> _What to work on_
Wherever the word "number" appears in a line of the data, that line should be copied.

*** Material for this task ***

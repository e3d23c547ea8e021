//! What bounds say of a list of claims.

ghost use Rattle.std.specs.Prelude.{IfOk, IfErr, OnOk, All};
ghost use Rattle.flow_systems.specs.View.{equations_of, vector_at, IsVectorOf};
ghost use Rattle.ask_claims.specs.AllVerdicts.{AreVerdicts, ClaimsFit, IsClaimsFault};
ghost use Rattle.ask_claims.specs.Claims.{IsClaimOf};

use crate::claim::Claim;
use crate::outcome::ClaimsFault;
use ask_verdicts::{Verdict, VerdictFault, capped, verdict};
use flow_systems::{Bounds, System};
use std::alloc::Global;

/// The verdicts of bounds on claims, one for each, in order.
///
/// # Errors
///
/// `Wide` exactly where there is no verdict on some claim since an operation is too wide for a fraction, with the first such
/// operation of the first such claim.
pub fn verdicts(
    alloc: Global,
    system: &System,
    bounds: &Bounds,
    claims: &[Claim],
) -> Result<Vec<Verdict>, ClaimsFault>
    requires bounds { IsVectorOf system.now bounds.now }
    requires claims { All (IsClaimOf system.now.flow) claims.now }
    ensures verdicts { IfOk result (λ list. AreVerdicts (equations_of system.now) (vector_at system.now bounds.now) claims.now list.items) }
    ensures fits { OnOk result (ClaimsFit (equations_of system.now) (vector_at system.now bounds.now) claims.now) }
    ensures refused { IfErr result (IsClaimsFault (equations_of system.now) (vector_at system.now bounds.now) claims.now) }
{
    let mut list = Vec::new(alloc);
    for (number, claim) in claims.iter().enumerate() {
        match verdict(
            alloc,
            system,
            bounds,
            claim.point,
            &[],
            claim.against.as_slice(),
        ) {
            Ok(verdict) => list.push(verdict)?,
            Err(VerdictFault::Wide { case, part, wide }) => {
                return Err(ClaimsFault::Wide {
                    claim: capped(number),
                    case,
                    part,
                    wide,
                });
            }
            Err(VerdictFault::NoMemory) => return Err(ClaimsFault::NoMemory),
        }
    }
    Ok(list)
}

*** End of Material for this task ***
*** Material for this task ***

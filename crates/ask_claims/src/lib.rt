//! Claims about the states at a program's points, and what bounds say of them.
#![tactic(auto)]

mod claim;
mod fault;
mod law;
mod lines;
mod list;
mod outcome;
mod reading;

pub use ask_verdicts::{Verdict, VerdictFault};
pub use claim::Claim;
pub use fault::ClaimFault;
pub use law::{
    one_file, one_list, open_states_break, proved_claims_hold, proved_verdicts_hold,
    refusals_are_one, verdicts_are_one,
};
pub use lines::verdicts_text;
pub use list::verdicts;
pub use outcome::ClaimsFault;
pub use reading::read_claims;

*** End of Material for this task ***

> _Written solution_
    for (number, claim) in claims.iter().enumerate() {
                    claim: capped(number),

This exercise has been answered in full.